GOAL OF THE EXERCISE:
This task calls for copying every line in the data below that contains the word "TestDef".

== Segment start ==

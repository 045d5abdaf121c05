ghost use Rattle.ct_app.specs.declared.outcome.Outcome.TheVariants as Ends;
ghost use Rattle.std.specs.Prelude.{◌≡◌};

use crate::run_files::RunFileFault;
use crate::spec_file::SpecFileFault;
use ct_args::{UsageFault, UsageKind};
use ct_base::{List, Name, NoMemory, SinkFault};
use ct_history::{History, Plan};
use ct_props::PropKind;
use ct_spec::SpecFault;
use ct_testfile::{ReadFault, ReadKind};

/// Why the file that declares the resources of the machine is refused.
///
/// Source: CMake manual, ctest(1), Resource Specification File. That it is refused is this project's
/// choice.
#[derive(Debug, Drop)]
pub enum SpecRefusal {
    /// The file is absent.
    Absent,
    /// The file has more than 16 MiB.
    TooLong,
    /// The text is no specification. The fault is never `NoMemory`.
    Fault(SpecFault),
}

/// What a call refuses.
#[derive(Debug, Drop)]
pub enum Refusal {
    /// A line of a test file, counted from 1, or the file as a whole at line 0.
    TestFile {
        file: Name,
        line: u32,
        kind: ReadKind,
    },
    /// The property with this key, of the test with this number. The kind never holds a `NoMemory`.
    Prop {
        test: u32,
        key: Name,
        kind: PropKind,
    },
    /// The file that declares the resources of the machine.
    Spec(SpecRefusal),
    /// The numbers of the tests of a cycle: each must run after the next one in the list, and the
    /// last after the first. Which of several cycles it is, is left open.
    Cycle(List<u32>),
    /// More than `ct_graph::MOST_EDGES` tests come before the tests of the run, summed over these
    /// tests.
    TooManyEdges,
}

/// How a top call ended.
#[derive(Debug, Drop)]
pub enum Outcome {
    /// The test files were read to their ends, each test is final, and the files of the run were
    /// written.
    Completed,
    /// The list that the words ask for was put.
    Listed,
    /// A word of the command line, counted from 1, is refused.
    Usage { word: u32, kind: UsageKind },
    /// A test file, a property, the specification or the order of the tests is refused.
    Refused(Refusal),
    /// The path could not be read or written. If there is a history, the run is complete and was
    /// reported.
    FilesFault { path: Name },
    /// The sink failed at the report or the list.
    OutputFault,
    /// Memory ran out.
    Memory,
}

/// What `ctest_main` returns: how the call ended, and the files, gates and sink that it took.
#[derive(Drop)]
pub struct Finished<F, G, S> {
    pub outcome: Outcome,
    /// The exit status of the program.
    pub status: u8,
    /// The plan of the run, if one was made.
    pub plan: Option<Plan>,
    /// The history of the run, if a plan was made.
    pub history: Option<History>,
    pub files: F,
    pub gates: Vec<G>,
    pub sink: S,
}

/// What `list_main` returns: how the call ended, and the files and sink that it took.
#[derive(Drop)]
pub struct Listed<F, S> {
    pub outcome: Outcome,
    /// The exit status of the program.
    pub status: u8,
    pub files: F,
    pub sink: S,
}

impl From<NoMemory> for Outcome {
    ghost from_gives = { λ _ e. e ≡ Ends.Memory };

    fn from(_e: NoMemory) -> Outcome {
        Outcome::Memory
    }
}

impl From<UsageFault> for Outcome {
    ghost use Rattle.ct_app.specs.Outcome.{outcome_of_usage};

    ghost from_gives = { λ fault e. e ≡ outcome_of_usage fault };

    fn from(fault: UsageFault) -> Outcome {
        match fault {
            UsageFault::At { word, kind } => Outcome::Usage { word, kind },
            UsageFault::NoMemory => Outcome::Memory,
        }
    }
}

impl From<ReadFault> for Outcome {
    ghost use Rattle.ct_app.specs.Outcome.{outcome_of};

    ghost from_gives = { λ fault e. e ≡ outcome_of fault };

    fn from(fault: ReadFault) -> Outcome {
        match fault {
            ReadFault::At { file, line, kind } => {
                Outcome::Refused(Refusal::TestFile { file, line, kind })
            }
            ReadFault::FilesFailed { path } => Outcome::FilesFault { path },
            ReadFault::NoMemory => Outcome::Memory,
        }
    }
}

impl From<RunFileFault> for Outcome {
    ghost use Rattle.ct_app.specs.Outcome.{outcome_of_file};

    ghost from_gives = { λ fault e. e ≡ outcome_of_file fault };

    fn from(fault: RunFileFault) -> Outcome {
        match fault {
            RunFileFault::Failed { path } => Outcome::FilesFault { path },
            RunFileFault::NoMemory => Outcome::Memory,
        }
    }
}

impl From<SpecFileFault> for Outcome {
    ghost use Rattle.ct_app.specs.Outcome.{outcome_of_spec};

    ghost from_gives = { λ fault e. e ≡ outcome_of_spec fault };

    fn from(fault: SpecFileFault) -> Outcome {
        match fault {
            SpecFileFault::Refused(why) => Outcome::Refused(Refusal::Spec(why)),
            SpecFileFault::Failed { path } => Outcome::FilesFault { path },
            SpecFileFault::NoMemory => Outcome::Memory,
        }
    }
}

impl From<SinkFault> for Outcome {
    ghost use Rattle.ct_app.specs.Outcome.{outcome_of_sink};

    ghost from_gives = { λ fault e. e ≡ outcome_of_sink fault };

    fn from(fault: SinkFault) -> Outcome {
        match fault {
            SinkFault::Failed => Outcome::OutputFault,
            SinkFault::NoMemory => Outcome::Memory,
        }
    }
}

== Segment end ==
== Segment start ==

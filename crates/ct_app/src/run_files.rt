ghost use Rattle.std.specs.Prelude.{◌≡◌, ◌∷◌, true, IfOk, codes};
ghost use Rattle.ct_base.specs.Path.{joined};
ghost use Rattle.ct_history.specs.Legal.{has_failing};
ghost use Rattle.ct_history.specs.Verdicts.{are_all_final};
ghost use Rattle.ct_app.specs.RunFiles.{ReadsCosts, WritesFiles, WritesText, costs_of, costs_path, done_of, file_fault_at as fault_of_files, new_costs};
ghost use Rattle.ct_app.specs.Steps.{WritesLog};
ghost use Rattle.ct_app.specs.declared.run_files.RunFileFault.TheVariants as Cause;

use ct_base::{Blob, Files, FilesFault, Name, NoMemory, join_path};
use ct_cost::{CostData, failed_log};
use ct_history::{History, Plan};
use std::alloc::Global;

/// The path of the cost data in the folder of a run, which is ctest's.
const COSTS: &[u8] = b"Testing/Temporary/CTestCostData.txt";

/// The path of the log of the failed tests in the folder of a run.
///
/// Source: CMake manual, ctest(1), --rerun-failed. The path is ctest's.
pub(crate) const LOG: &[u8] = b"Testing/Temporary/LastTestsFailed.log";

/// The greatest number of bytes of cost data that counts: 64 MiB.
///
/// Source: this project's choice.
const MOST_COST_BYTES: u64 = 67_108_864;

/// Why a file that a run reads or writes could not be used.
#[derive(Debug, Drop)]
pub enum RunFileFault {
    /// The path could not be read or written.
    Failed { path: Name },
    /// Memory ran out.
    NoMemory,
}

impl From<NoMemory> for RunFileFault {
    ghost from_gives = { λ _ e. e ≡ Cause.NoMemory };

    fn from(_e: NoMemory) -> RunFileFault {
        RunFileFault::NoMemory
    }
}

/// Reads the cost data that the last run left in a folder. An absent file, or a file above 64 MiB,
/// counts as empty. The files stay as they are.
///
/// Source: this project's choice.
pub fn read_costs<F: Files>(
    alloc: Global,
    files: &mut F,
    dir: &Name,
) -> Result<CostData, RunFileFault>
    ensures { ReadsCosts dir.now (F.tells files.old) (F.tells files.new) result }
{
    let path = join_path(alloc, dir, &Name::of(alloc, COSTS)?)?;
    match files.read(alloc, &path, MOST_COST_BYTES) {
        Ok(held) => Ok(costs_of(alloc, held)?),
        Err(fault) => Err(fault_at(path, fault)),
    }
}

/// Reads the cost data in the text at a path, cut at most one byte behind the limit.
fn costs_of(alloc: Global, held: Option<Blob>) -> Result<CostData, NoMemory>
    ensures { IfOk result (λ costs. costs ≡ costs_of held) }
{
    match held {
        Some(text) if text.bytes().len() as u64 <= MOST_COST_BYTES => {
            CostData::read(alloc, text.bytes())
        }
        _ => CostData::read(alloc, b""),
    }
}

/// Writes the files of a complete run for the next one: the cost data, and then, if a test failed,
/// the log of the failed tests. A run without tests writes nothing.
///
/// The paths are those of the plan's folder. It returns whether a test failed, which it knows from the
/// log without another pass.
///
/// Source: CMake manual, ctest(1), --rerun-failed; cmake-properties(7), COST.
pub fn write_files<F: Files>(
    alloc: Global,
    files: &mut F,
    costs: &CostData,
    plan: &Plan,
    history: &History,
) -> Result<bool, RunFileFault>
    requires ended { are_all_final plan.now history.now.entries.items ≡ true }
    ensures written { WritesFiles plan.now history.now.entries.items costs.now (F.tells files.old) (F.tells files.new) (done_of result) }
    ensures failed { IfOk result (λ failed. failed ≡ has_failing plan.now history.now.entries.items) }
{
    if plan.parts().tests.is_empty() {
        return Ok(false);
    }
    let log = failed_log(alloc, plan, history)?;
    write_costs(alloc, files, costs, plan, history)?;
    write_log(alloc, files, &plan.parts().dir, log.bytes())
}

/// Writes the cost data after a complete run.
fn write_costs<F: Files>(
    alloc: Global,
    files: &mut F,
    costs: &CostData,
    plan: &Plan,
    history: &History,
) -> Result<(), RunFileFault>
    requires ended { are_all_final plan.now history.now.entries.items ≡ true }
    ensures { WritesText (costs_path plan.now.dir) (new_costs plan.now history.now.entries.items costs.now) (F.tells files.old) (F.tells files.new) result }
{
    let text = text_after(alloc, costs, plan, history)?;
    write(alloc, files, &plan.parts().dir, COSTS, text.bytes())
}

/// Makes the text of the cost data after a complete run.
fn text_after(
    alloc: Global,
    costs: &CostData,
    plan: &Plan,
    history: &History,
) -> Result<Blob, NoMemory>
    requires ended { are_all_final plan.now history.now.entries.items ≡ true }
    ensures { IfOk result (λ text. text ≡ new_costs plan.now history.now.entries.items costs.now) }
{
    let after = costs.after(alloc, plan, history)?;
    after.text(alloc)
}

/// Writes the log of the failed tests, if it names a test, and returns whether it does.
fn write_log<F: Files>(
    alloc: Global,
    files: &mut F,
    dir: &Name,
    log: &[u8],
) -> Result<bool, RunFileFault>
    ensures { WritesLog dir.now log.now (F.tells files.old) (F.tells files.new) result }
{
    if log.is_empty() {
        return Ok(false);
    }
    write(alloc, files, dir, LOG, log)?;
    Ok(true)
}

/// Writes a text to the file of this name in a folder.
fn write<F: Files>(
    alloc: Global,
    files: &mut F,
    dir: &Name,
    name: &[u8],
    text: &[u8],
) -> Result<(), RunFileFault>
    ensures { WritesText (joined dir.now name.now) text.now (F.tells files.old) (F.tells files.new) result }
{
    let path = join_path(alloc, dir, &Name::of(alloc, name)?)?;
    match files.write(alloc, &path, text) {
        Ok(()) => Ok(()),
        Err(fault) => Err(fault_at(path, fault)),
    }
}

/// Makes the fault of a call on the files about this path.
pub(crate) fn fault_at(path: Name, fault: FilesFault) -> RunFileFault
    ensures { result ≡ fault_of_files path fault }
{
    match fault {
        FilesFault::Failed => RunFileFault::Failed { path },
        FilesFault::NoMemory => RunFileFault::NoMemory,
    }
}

== Segment end ==
== Segment start ==

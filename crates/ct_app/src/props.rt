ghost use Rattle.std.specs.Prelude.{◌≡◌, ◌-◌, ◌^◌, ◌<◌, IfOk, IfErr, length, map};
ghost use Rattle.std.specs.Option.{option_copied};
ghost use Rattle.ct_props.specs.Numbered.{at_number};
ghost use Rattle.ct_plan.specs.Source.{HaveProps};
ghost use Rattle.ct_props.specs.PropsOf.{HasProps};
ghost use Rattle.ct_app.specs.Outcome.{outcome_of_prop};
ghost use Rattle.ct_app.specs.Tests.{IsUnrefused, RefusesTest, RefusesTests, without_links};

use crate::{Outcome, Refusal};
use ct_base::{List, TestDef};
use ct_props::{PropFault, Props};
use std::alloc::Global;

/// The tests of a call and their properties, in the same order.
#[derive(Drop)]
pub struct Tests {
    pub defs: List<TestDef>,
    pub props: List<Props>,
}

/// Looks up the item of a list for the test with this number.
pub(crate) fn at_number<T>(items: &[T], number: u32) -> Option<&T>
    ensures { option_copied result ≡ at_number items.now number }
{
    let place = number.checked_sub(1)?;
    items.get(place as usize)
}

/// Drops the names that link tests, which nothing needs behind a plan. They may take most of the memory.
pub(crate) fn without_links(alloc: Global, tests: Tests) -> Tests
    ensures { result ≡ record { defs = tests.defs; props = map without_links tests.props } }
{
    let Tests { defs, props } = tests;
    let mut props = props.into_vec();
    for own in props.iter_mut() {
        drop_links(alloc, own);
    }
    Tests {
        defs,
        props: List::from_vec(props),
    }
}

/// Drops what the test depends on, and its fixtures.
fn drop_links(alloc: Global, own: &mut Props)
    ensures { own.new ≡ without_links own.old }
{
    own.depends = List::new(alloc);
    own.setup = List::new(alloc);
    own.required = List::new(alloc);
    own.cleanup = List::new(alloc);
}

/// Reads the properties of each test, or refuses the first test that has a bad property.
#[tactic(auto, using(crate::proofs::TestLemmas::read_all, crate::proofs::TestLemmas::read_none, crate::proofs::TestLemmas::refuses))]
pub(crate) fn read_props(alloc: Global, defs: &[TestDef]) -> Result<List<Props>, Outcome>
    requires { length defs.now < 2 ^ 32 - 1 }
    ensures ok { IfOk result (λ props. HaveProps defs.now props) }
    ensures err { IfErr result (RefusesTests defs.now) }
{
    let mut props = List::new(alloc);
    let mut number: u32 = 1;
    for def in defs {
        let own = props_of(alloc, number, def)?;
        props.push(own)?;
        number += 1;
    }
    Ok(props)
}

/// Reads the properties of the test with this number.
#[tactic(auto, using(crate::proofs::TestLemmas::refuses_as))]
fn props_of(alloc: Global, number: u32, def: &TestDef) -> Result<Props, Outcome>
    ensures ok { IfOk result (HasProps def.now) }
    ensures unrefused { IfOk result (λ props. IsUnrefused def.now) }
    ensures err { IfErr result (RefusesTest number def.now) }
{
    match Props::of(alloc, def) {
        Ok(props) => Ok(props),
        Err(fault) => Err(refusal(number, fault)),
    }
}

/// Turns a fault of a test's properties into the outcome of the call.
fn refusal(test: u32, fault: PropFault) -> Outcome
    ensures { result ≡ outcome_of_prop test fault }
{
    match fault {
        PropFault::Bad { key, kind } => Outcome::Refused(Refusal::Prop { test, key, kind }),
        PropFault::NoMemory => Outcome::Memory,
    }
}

== Segment end ==

EXPECTED OUTPUT:
use ct_base::{List, TestDef};
    pub defs: List<TestDef>,
pub(crate) fn read_props(alloc: Global, defs: &[TestDef]) -> Result<List<Props>, Outcome>
fn props_of(alloc: Global, number: u32, def: &TestDef) -> Result<Props, Outcome>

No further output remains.